Sorry I don't have any pictures yet, but I'm so excited I had to share! I've been looking for an antique governess cart for a few years now...I've always thought they were so neat looking and really wanted a wooden-wheeled vehicle that was originally made for minis/small ponies rather than a scaled down version of a horse cart. I was contacted a few weeks ago by someone on another forum who had see my posts from a year ago asking for information about governess carts. Lo and behold, she only lived 2 hours from me and had one for sale! This is about the worst time I could have picked to be buying a new cart as I've barely had time to drive at all this year, just started a new job and I'm getting married in a month!
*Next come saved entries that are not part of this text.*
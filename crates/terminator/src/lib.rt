//! The end of a chain of layers: it issues ids for dispatchable handles and surfaces, and knows each driver's values for them.
//! Promises that the drivers of a call are told it in their own values, and that replies become results, as the machine of a chain says.
//! Leaves to others how the drivers are called, and what of a reply is passed on.
#![tactic(auto)]

mod answers;
mod bare;
mod chain;
mod entry;
mod issued;
mod kept;
mod key;
mod laws;
mod reading;
mod receivers;
mod table;
mod telling;
mod terminator;
mod value;
mod values;

pub use laws::{what_is_told_has_its_shape, what_was_issued_stays};
pub use terminator::Terminator;
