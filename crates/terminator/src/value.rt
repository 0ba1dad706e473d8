//! The values that drivers have for an object.
ghost use Rattle.std.specs.Prelude.{◌≡◌, map};
ghost use Rattle.object_model.specs.Values.{first_value, value_for};
ghost use Rattle.terminator.specs.Table.{value_of};

/// A driver's value for an object.
#[derive(Clone, Copy)]
pub struct DriverValue {
    pub driver: u32,
    pub value: u64,
}

/// The first of these values, and 0 where there is none.
pub fn first_value(values: &[DriverValue]) -> u64
    ensures { result ≡ first_value (map value_of values.now) }
{
    match values.first() {
        None => 0,
        Some(first) => first.value,
    }
}

/// A driver's own value, and where it has none that of the driver that has.
pub fn value_for(driver: u32, values: &[DriverValue]) -> u64
    ensures { result ≡ value_for driver (map value_of values.now) }
{
    for own in values {
        if own.driver == driver {
            return own.value;
        }
    }
    first_value(values)
}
I just felt this was one I couldn't pass by.

I went to pick it up on Sunday, and I couldn't be more excited! It looks to have been made sometime in the late 1800's and still has all the original brass fittings, gig shafts, big wooden wheels, and awesome springs/suspension (puts my easy entry to shame). It will need a LOT of restoration as the wicker around the top is basically disintegrated (a shame because the design in the wicker is really neat), all of the varnish has flaked/rotted off, and all of the leather pieces are rotted through. But the upholstry is in really good condition (it was stored separately), the back door works, and the brass rein rail and whip holder will look awesome once they're polished up! And WOW is this thing ever balanced!
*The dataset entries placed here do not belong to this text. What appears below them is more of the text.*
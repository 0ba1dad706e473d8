// A call in the handles above the first part of a chain.
ghost use Rattle.std.specs.Prelude.{◌≡◌, ◌≤◌, ◌<◌, ◌+◌, ◌++◌, ◌∷◌, [], length, map, replicate, slice_set, sum_by, false, vec_capacity, IsOk, OnOk};
ghost use Rattle.command_tables.specs.Calls.{HasRoomFor, call_content};
ghost use Rattle.command_tables.specs.Handles.{HasRoom, count_in, list_at};
ghost use Rattle.session_tables.specs.Shown.{args_shown};
ghost use Rattle.chain_model.specs.Chained.{form_by, handle_by, is_unborn};
ghost use Rattle.chain_model.specs.Handed.{handle_in};
ghost use Rattle.dispatch_chain.specs.Forms.{KeepsForm, form_room};
ghost use Rattle.session_parts.specs.Passed.{base_passed};
ghost use Rattle.session_parts.specs.Scratch.{AreWithin};

use crate::handed::HandedTable;
use command_tables::{Code, CommandId, HandleArgs, LayerCall, NoMemory};
use object_model::Argument;
use std::alloc::AllocError;

/// What a call passes on beside its arguments.
#[derive(Clone, Copy)]
pub struct Passed<'a> {
    pub cmd: CommandId,
    pub asked: u32,
    pub code: Option<Code>,
    pub payload: &'a [u8],
}

fn handle_of(handed: &HandedTable, argument: Argument) -> u64
    ensures { result ≡ handle_by (handle_in handed.now.handed) argument }
{
    match argument {
        Argument::Null | Argument::Unborn => 0,
        Argument::The(object) => handed.handle(object),
    }
}

fn put_handles(
    handed: &HandedTable,
    at: &[Argument],
    handles: &mut Vec<u64>,
) -> Result<(), AllocError>
    ensures handles { OnOk result (handles.new.items ≡ map (handle_by (handle_in handed.now.handed)) at.now) }
    ensures room { vec_capacity handles.old ≤ vec_capacity handles.new }
    ensures succeeds { length at.now ≤ vec_capacity handles.old → IsOk result }
{
    handles.clear();
    for argument in at {
        handles.push(handle_of(handed, *argument))?;
    }
    Ok(())
}

// Whether a place is marked: it holds a name that isn't born yet.
fn has_mark(argument: Argument) -> bool
    ensures { result ≡ is_unborn argument }
{
    match argument {
        Argument::Unborn => true,
        Argument::Null | Argument::The(_) => false,
    }
}

// Marks the places of a parameter that hold a name that isn't born yet.
fn mark_places(all: &mut HandleArgs<6>, p: usize, at: &[Argument])
    requires param { p < length all.old.lists }
    requires places { length (list_at all.old.lists p) ≡ length at.now }
    requires marks { p < length all.old.marks }
    requires none { list_at all.old.marks p ≡ replicate (length at.now) false }
    ensures lists { all.new.lists ≡ all.old.lists }
    ensures marks { all.new.marks ≡ slice_set all.old.marks p (map is_unborn at.now) }
    ensures room { HasRoom all.new all.old.slots all.old.room }
{
    for (k, argument) in at.iter().enumerate() {
        if has_mark(*argument) {
            all.mark_unborn(p, k);
        }
    }
}

// Adds a parameter with the handles and the marks of these arguments behind the others.
fn push_arguments(
    handed: &HandedTable,
    at: &[Argument],
    room: &mut Vec<u64>,
    all: &mut HandleArgs<6>,
) -> Result<(), NoMemory>
    requires { length all.old.lists < 6 }
    ensures lists { OnOk result (all.new.lists ≡ all.old.lists ++ map (handle_by (handle_in handed.now.handed)) at.now ∷ []) }
    ensures marks { OnOk result (all.new.marks ≡ all.old.marks ++ map is_unborn at.now ∷ []) }
    ensures handles_room { vec_capacity room.old ≤ vec_capacity room.new }
    ensures args_room { HasRoom all.new all.old.slots all.old.room }
    ensures succeeds { length at.now ≤ vec_capacity room.old → HasRoom all.old (length all.old.lists + 1) (count_in all.old.lists + length at.now) → IsOk result }
{
    put_handles(handed, at, room)?;
    let p = all.len();
    all.push_param(room)?;
    mark_places(all, p, at);
    Ok(())
}

/// Puts the arguments of a call, in handles, in place of what stood there. `room` is any memory for the handles of one parameter.
pub fn put_form(
    handed: &HandedTable,
    args: &[Vec<Argument>],
    room: &mut Vec<u64>,
    form: &mut LayerCall,
) -> Result<(), NoMemory>
    requires { length args.now ≤ 6 }
    ensures lists { OnOk result (form.new.args.lists ≡ map (map (handle_by (handle_in handed.now.handed))) (args_shown args.now)) }
    ensures marks { OnOk result (form.new.args.marks ≡ map (map is_unborn) (args_shown args.now)) }
    ensures cmd { form.new.cmd ≡ form.old.cmd }
    ensures asked { form.new.asked ≡ form.old.asked }
    ensures code { form.new.code ≡ form.old.code }
    ensures payload { form.new.payload ≡ form.old.payload }
    ensures handles_room { vec_capacity room.old ≤ vec_capacity room.new }
    ensures args_room { HasRoom form.new.args form.old.args.slots form.old.args.room }
    ensures succeeds { AreWithin (vec_capacity room.old) (args_shown args.now) → HasRoom form.old.args (length args.now) (sum_by (λ at. length at) (args_shown args.now)) → IsOk result }
{
    form.args.clear();
    for arg in args {
        push_arguments(handed, arg, room, &mut form.args)?;
    }
    Ok(())
}

/// Puts a call, in handles, in place of the one that stood there.
pub fn put_call(
    handed: &HandedTable,
    passed: Passed,
    args: &[Vec<Argument>],
    room: &mut Vec<u64>,
    form: &mut LayerCall,
) -> Result<(), NoMemory>
    requires { length args.now ≤ 6 }
    ensures call { OnOk result (call_content form.new ≡ form_by (handle_in handed.now.handed) (base_passed passed.entry) (args_shown args.now)) }
    ensures handles_room { vec_capacity room.old ≤ vec_capacity room.new }
    ensures form_room { KeepsForm (form_room form.old) (form_room form.new) }
    ensures succeeds { AreWithin (vec_capacity room.old) (args_shown args.now) → HasRoomFor form.old (form_by (handle_in handed.now.handed) (base_passed passed.entry) (args_shown args.now)) → IsOk result }
{
    put_form(handed, args, room, form)?;
    form.payload.clear();
    form.payload.reserve(passed.payload.len())?;
    form.payload.extend_from_slice(passed.payload).unwrap();
    form.cmd = passed.cmd;
    form.asked = passed.asked;
    form.code = passed.code;
    Ok(())
}
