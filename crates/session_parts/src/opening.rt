// What a begin event says.

use command_tables::{Code, CommandId};
use trace_format::{Name, TraceArg};

/// What a begin event says.
#[derive(Clone, Copy)]
pub struct Beginning<'a> {
    pub thread: u32,
    pub cmd: CommandId,
    pub args: &'a [TraceArg],
    pub results: &'a [Name],
    pub code: Option<Code>,
    pub payload: &'a [u8],
}
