// The handles of objects above the first part of a chain.
ghost use Rattle.std.specs.Prelude.{◌≡◌, ◌≤◌, ◌+◌, [], length, IfOk, IsOk, OnOk, OnErr};
ghost use Rattle.object_model.specs.declared.Object.{Object};
ghost use Rattle.chain_model.specs.Handed.{hand_all, hand_one, handle_in};

use object_model::Object;
use replay_model::Born;
use session_tables::ObjectPlaces;
use std::alloc::{AllocError, Global};
use std::marker::Model;

/// The handle above the first part for each object that is born, in any order. An object is found by its number. Contracts see besides how many
/// further ones can be handed with no further memory.
pub struct HandedTable {
    handles: ObjectPlaces<u64>,
}

impl Drop for HandedTable {
    fn drop(self) {
        let HandedTable { handles: _handles } = self;
    }
}

impl Model for HandedTable {
    ghost use Rattle.session_tables.specs.Filing.{places_room};
    ghost use Rattle.session_parts.specs.Handed.{HandedState, handed_shown};

    ghost Value = { HandedState };

    ghost view = { λ t. record { handed = handed_shown t.handles; spare = places_room t.handles } };
}

impl HandedTable {
    /// No objects.
    pub fn new(alloc: Global) -> HandedTable
        ensures { result.handed ≡ [] }
    {
        HandedTable {
            handles: ObjectPlaces::new(alloc, 0),
        }
    }

    /// A table of its own with the same handles. Of room nothing is said.
    pub fn copy(&self) -> Result<HandedTable, AllocError>
        ensures { IfOk result (λ copy. copy.handed ≡ self.now.handed) }
    {
        Ok(HandedTable {
            handles: self.handles.copy()?,
        })
    }

    /// The handle of an object, and 0 where it has none.
    pub fn handle(&self, object: Object) -> u64
        ensures { result ≡ handle_in self.now.handed object }
    {
        self.handles.get(object).unwrap_or(0)
    }

    /// Makes room for the handles of so many further objects. `AllocError` comes too where more than 2^32 - 1 would stand beside the rows; after
    /// it the handles are as before, and no room is lost.
    pub fn reserve(&mut self, n: usize) -> Result<(), AllocError>
        ensures handed { self.new.handed ≡ self.old.handed }
        ensures ok { OnOk result (n ≤ self.new.spare) }
        ensures spare { self.old.spare ≤ self.new.spare }
    {
        self.handles.reserve(n)
    }

    /// Gives an object this handle in place of the one that it had, in memory up to the object's number where there is no room. `AllocError`
    /// comes too where 2^32 - 1 stand beside the rows.
    pub fn hand(&mut self, object: Object, handle: u64) -> Result<(), AllocError>
        ensures ok { OnOk result ((o : Object) → handle_in self.new.handed o ≡ handle_in (hand_one object handle self.old.handed) o) }
        ensures err { OnErr result ((o : Object) → handle_in self.new.handed o ≡ handle_in self.old.handed o) }
        ensures succeeds { 1 ≤ self.old.spare → IsOk result }
        ensures spare { self.old.spare ≤ self.new.spare + 1 }
    {
        self.handles.put(object, handle)
    }

    /// Gives each object that a call made its handle: the results that aren't lost, in turn.
    pub fn hand_each(&mut self, made: &[Born], handles: &[u64]) -> Result<(), AllocError>
        ensures ok { OnOk result ((o : Object) → handle_in self.new.handed o ≡ handle_in (hand_all self.old.handed made.now handles.now) o) }
        ensures succeeds { length made.now ≤ self.old.spare → IsOk result }
        ensures spare { self.old.spare ≤ self.new.spare + length made.now }
    {
        for (born, handle) in made.iter().zip(handles) {
            self.hand(born.object, *handle)?;
        }
        Ok(())
    }
}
I hooked Duncan immediately after bringing it home and had a great drive around the neighborhood...until the rubber stripping on one of the wheels started peeling away and gave us a "flat tire" look.
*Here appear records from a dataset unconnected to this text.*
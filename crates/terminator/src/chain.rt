//! The chains through the kept ids.
ghost use Rattle.std.specs.Prelude.{◌≡◌, ◌≤◌, ◌+◌, Some, map, length, if◌then◌else◌, IfOk, IsOk, OnErr};
ghost use Rattle.layer_model.specs.Ids.{has_key, kept_id};
ghost use Rattle.terminator.specs.Chains.{AreLatest, AreLinked, HavePayloads, IsLink, latest_in, link_of, with_link};
ghost use Rattle.terminator.specs.Shown.{key_of, kept_of};

use crate::entry::KeptEntry;
use crate::key::{RetrievedKey, same_owner};
use command_tables::NoMemory;
use handle_map::HandleMap;
use object_model::Object;

// The link to the latest entry of an owner.
fn latest_of(latest: &HandleMap<1024>, owner: Object) -> usize
    ensures { result ≡ latest_in latest.now.entries owner.ty owner.number }
{
    match latest.get(owner.ty, owner.number) {
        None => 0,
        Some([]) => 0,
        Some([link, ..]) => *link as usize,
    }
}

// Whether an entry has this key.
#[tactic(auto, unfolding(command_tables::specs::Tests::same_type))]
fn is_kept_by(entry: &KeptEntry, bytes: &[u8], key: RetrievedKey<'_>) -> bool
    requires { entry.now.start + entry.now.len ≤ length bytes.now }
    ensures { result ≡ has_key (key_of key.entry) (kept_of bytes.now entry.now) }
{
    let payload = &bytes[entry.start..entry.start + entry.len];
    entry.ty == key.ty
        && same_owner(entry.owner, key.owner)
        && entry.place == key.place
        && payload == key.payload
}

// The id that was found, by one entry more.
fn found_by(
    entry: &KeptEntry,
    bytes: &[u8],
    key: RetrievedKey<'_>,
    found: Option<u64>,
) -> Option<u64>
    requires { entry.now.start + entry.now.len ≤ length bytes.now }
    ensures { result ≡ (if has_key (key_of key.entry) (kept_of bytes.now entry.now) then Some entry.now.id else found) }
{
    if is_kept_by(entry, bytes, key) {
        Some(entry.id)
    } else {
        found
    }
}

// The id kept by a key, on the way from a link through the owner's chain. Of more than one the oldest counts.
fn walk(
    entries: &[KeptEntry],
    bytes: &[u8],
    first: usize,
    key: RetrievedKey<'_>,
    owner: Object,
) -> Option<u64>
    requires owner { key.owner ≡ Some owner }
    requires linked { AreLinked entries.now }
    requires payloads { HavePayloads entries.now bytes.now }
    requires first { IsLink entries.now owner.ty owner.number (length entries.now) first }
    ensures { result ≡ kept_id (map (kept_of bytes.now) entries.now) (key_of key.entry) }
{
    let mut link = first;
    let mut found = None;
    while link != 0 {
        let entry = &entries[link - 1];
        found = found_by(entry, bytes, key, found);
        link = entry.next;
    }
    found
}

/// The id kept by a key. None is kept by one without an owner.
#[tactic(auto, using(crate::proofs::Chains::kept_by_nobody))]
pub fn id_of(
    entries: &[KeptEntry],
    bytes: &[u8],
    latest: &HandleMap<1024>,
    key: RetrievedKey<'_>,
) -> Option<u64>
    requires linked { AreLinked entries.now }
    requires payloads { HavePayloads entries.now bytes.now }
    requires latest { AreLatest entries.now latest.now.entries }
    ensures { result ≡ kept_id (map (kept_of bytes.now) entries.now) (key_of key.entry) }
{
    match key.owner {
        None => None,
        Some(owner) => walk(entries, bytes, latest_of(latest, owner), key, owner),
    }
}

/// Makes a link that of an owner's latest entry, and gives the one that was. After `NoMemory` the links are as before; it comes only where
/// there was no room.
pub fn put_link(
    latest: &mut HandleMap<1024>,
    owner: Option<Object>,
    link: usize,
) -> Result<usize, NoMemory>
    ensures before { IfOk result (λ next. next ≡ link_of latest.old.entries owner) }
    ensures ok { IfOk result (λ next. latest.new.entries ≡ with_link latest.old.entries owner link) }
    ensures err { OnErr result (latest.new.entries ≡ latest.old.entries) }
    ensures succeeds { 1 ≤ latest.old.spare → 1 ≤ latest.old.room → IsOk result }
    ensures spare { latest.old.spare ≤ latest.new.spare + 1 }
    ensures room { latest.old.room ≤ latest.new.room + 1 }
{
    match owner {
        None => Ok(0),
        Some(owner) => {
            let next = latest_of(latest, owner);
            latest.insert(owner.ty, owner.number, &[link as u64])?;
            Ok(next)
        }
    }
}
: Guess I won't be driving again until the rubber is replaced, but at least I got a test drive!

I'll try to post pictures when I get a chance. Thanks for listening to me ramble!

Nikki


----------



## BlueEyedPony (Aug 28, 2007)

Okay, I dug up some pictures that the old owner sent me...not me driving in the one picture, but at least you can see it hooked! :aktion033:


----------



## ChrystalPaths (Aug 28, 2007)

Well first, my friend, CONGRATULATIONS :aktion033: on the coming nuptuals!!! I am thrilled for you both! A perfect couple and I don't love marriage usually. Then a new job :aktion033: , tell all, how exciting! Now as for the cart, it is one I am familiar with and they are so classic and pretty. Perhaps an Amish craftsman can restore the wicker! Are the equines going to the wedding?  Kiss the Kinder-doodle for me. Has he been on cart yet? Have a fabulous fall Nikki! Sounds like it is meant to be a memorable one. :saludando:


----------



## MiLo Minis (Aug 28, 2007)

Congratulations! That is a beautiful little cart - I can understand your excitement! Not easy to come by!!!


----------



## Warpony (Aug 28, 2007)

I want one!!! But in cob sized, for when I eventually get my cob. I love love LOVE Governess carts.


----------



## LittleRibbie (Aug 28, 2007)

Boy thats beautiful. Ive seen them on ebay and they are usually in horrible condition no shafts or such but yours looks great. Now for the dumb question. How exactlly do you sit inside..is there a little seat and does it face forward or off to the side. Just trying to figure out how I would get this big butt of mine to even fit !!

Heidi


----------



## minimule (Aug 28, 2007)

I've been wanting something like that for Kilroy to pull! That one looks really good considering the age of it. Congrats on a fantastic find!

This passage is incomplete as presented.